§ Entries shown
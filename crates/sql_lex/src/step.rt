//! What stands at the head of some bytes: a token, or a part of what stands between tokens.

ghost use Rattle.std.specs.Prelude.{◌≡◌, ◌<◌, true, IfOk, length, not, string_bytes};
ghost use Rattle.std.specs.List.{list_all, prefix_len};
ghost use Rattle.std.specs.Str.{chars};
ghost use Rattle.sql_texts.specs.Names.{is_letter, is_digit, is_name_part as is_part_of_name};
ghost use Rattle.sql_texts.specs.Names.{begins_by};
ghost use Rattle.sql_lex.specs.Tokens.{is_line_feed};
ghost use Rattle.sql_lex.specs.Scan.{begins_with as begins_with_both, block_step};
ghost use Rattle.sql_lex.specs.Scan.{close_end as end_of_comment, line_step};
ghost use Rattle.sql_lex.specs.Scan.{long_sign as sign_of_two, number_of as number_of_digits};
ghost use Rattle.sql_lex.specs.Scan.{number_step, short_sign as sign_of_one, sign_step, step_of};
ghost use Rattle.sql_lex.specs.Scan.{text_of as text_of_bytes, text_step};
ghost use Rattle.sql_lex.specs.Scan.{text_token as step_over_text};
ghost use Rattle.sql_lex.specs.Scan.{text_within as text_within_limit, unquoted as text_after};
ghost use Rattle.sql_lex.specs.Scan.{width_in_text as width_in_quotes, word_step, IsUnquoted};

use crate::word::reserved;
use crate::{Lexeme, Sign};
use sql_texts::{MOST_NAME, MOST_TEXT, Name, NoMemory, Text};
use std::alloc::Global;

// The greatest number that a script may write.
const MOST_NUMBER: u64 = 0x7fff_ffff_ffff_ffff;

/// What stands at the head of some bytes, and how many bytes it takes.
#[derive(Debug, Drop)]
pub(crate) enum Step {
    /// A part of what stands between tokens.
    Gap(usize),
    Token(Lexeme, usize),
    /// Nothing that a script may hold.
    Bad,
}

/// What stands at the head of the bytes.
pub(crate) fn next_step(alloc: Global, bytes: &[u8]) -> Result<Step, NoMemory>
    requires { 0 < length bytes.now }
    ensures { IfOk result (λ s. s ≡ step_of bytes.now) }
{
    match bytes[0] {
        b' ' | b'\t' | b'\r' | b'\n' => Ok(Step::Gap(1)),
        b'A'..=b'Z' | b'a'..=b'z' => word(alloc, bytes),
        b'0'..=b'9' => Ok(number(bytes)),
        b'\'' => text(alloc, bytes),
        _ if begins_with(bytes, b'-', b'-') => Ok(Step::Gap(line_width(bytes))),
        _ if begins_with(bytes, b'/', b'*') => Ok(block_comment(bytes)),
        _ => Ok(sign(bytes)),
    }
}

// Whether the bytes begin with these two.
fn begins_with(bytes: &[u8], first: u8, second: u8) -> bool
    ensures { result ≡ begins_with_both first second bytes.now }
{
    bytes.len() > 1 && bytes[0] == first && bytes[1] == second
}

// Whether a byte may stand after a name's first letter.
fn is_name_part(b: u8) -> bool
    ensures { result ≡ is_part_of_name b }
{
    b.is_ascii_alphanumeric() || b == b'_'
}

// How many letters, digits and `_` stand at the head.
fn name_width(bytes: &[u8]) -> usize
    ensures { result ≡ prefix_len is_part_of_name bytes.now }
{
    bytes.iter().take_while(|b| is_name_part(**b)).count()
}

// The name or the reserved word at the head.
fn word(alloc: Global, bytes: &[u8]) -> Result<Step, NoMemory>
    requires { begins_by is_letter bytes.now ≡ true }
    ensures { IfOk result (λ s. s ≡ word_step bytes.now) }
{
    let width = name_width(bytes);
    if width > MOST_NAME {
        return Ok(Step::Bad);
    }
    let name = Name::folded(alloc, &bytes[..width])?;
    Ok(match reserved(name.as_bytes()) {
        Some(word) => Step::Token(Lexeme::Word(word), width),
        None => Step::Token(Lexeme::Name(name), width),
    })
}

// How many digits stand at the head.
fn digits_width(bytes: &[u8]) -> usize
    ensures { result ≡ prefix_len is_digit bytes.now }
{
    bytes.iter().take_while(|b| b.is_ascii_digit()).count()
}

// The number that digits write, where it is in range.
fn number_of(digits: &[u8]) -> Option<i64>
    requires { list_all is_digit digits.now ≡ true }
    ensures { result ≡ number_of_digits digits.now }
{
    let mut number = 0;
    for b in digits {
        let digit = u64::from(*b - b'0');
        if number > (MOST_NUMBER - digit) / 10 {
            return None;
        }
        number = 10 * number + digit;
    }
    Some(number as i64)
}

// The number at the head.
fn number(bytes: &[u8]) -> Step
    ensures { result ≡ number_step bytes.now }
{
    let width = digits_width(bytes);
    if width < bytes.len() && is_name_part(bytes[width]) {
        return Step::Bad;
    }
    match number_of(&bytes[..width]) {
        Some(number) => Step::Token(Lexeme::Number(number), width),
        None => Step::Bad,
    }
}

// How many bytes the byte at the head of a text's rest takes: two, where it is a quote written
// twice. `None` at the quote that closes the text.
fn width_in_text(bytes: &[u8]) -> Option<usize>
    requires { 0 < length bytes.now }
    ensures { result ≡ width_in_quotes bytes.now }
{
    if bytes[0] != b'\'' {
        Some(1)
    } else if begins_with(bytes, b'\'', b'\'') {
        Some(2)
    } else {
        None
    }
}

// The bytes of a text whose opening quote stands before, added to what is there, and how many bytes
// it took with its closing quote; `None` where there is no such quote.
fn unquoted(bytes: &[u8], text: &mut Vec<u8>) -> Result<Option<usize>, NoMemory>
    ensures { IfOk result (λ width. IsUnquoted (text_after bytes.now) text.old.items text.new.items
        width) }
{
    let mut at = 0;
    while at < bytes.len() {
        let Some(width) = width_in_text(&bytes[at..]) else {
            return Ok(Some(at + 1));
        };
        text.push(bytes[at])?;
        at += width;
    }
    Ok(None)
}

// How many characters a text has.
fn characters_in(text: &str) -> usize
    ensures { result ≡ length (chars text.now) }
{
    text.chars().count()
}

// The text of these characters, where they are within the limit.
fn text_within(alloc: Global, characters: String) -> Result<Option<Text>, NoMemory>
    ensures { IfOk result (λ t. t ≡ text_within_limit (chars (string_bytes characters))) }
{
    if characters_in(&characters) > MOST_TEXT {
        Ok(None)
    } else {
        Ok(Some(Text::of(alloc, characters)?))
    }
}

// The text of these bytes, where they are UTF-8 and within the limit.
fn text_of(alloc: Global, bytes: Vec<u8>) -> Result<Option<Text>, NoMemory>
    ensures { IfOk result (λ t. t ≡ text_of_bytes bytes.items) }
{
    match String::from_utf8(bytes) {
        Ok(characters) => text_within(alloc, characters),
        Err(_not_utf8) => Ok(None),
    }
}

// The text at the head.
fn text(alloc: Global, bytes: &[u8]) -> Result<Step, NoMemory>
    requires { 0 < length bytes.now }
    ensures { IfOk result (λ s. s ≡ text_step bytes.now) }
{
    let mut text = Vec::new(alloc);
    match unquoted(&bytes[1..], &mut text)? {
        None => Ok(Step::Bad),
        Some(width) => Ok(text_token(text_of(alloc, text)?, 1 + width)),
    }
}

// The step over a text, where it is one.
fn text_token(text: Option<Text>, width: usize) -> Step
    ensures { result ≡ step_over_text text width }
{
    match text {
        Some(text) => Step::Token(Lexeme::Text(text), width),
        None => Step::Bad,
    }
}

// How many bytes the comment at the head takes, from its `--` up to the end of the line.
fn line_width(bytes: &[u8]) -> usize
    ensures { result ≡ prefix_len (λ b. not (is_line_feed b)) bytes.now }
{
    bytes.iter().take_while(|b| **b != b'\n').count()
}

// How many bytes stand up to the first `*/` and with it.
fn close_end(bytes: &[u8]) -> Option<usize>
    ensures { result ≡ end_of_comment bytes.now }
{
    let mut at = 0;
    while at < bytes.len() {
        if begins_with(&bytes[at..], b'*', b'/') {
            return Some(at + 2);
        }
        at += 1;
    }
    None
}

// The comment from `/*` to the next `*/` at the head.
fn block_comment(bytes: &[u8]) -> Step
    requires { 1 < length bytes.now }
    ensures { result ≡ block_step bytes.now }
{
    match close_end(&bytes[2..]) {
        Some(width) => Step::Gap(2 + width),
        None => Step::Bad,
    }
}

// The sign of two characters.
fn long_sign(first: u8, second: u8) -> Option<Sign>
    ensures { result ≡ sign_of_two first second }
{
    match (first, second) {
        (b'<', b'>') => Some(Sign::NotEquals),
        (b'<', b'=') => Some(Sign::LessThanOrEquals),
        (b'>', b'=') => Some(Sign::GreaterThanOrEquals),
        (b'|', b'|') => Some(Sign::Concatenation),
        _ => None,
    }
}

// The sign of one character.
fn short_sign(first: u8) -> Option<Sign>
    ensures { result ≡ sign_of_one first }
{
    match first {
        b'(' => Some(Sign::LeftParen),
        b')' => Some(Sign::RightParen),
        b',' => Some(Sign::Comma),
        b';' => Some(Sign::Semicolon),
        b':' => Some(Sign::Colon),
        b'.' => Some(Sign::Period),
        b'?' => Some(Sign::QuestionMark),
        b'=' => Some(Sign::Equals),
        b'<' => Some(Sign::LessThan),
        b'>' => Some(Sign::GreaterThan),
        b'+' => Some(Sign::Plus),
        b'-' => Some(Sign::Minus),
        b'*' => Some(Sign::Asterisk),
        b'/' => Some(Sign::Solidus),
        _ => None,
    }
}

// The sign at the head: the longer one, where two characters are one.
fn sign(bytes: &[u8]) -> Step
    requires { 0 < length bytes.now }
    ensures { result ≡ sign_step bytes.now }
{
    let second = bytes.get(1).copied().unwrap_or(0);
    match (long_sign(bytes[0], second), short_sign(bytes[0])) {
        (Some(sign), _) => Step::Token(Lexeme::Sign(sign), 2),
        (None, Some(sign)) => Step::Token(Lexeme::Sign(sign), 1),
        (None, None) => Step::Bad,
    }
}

§ Task
Scan the listing for the string "bool". Copy each line that has it.

§ Output for this task
fn begins_with(bytes: &[u8], first: u8, second: u8) -> bool
fn is_name_part(b: u8) -> bool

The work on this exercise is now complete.